• _EXERCISE DIRECTIONS_: Each line of the records that includes "which" should be found and copied.

• _MATERIAL SHOWN_:
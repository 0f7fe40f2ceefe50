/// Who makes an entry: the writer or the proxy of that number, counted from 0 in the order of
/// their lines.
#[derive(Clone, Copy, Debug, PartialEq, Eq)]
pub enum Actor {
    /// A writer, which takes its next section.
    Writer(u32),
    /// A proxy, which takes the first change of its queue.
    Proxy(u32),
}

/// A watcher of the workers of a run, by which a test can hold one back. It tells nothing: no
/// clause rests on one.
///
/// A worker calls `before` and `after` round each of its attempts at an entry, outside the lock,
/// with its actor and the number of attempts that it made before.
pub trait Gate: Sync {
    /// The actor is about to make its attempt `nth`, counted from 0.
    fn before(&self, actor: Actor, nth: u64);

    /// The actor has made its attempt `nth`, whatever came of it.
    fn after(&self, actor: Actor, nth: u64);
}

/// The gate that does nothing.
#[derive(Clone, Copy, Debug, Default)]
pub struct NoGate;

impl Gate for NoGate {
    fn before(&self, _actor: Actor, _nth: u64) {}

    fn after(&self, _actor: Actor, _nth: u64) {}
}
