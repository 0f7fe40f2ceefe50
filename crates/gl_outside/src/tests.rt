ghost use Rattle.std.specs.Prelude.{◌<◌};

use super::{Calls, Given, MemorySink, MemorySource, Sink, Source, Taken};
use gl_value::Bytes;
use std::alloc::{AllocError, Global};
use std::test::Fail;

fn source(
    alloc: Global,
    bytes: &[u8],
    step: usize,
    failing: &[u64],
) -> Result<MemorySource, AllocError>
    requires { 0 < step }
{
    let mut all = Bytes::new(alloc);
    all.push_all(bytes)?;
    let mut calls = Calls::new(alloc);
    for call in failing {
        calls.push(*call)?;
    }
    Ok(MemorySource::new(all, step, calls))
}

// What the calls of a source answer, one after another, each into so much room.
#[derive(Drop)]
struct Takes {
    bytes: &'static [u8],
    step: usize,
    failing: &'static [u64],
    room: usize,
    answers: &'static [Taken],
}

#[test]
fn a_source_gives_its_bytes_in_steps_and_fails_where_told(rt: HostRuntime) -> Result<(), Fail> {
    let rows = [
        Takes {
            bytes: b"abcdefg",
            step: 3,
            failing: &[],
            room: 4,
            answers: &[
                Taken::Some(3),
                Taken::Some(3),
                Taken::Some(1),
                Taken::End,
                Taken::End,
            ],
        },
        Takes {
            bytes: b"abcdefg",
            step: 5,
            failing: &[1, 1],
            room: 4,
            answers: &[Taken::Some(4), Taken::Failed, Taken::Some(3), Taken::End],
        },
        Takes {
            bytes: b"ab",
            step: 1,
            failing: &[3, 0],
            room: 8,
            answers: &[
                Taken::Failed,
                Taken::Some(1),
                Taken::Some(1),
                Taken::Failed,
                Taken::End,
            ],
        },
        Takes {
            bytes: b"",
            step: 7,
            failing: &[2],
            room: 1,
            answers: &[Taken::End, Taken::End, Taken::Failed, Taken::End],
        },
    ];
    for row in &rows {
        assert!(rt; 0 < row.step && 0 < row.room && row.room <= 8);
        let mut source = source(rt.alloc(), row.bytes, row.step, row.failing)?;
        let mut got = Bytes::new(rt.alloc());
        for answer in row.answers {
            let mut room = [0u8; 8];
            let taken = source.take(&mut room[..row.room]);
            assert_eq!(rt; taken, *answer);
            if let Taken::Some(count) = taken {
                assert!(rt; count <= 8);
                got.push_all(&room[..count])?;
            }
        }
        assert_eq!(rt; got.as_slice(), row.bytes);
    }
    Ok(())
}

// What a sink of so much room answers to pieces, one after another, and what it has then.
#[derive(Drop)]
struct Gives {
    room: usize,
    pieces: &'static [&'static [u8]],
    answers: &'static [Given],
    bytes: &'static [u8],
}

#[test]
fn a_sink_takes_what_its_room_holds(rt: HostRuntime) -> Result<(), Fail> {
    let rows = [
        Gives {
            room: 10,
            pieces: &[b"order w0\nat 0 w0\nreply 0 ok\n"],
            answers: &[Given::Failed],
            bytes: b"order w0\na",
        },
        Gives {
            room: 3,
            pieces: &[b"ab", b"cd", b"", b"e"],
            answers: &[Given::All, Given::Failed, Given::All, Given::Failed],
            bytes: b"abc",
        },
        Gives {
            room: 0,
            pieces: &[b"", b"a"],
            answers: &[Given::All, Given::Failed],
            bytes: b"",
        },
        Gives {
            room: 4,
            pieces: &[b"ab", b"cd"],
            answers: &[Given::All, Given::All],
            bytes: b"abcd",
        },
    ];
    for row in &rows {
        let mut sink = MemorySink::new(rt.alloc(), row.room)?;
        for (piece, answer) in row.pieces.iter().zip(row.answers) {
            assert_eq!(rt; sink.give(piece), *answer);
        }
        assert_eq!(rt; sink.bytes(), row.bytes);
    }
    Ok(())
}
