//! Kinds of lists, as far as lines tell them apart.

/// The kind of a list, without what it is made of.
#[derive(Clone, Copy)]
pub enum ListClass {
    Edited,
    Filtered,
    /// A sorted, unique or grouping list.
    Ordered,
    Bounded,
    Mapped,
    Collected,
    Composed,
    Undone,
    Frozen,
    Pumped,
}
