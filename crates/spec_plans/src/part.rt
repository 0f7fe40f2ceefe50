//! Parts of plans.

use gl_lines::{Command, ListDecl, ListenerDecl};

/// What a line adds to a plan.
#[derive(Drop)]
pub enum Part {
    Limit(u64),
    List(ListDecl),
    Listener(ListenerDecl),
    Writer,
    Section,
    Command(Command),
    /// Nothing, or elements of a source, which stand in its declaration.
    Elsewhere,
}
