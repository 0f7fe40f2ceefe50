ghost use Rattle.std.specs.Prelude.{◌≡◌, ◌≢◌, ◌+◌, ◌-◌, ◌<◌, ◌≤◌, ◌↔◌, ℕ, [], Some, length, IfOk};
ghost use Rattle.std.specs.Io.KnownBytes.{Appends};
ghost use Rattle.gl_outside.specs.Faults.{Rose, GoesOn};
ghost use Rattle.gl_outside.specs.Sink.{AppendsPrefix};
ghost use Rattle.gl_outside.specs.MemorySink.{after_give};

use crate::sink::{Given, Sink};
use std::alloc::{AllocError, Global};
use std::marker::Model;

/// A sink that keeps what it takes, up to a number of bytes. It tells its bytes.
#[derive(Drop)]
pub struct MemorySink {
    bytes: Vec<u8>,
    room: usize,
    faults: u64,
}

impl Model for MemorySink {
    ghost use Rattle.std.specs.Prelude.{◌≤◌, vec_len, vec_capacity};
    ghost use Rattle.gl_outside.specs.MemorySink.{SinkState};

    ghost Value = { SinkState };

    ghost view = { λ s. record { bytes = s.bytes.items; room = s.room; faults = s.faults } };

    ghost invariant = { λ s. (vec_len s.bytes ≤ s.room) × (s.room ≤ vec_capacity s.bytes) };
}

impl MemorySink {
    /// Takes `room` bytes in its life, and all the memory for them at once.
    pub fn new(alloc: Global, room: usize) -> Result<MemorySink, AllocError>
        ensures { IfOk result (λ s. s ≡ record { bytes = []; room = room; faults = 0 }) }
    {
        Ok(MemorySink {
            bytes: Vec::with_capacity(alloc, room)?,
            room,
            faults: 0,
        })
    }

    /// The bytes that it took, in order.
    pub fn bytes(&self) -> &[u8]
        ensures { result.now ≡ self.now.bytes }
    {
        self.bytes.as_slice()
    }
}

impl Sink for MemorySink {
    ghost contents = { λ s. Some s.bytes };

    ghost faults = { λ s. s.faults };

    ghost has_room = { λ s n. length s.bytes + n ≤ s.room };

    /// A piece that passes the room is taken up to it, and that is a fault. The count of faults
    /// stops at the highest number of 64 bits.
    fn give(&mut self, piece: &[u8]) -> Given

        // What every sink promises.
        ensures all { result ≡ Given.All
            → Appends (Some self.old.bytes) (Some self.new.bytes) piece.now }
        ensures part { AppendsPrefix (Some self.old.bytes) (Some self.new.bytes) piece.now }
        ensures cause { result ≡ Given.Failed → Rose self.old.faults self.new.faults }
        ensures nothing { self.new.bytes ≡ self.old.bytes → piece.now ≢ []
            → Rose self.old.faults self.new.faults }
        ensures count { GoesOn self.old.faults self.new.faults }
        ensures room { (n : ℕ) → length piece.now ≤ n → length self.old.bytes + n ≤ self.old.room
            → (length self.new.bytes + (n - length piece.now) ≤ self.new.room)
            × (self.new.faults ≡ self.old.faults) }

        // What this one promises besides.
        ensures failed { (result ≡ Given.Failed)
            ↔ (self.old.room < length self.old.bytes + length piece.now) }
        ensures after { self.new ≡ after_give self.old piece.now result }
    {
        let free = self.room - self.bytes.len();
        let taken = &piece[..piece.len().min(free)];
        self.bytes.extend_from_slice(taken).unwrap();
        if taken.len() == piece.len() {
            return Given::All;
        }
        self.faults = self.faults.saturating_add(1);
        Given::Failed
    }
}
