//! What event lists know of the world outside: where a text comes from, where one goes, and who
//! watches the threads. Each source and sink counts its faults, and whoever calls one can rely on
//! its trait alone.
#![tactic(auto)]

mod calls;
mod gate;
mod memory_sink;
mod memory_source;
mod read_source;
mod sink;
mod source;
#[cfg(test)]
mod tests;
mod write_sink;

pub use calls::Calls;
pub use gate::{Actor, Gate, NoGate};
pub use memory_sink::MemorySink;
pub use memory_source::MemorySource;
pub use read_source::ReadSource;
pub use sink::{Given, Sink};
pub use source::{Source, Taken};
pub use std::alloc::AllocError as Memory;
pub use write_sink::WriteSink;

• _SOLUTION_:
    /// A writer, which takes its next section.
    /// A proxy, which takes the first change of its queue.
/// A watcher of the workers of a run, by which a test can hold one back. It tells nothing: no
    /// Nothing, or elements of a source, which stand in its declaration.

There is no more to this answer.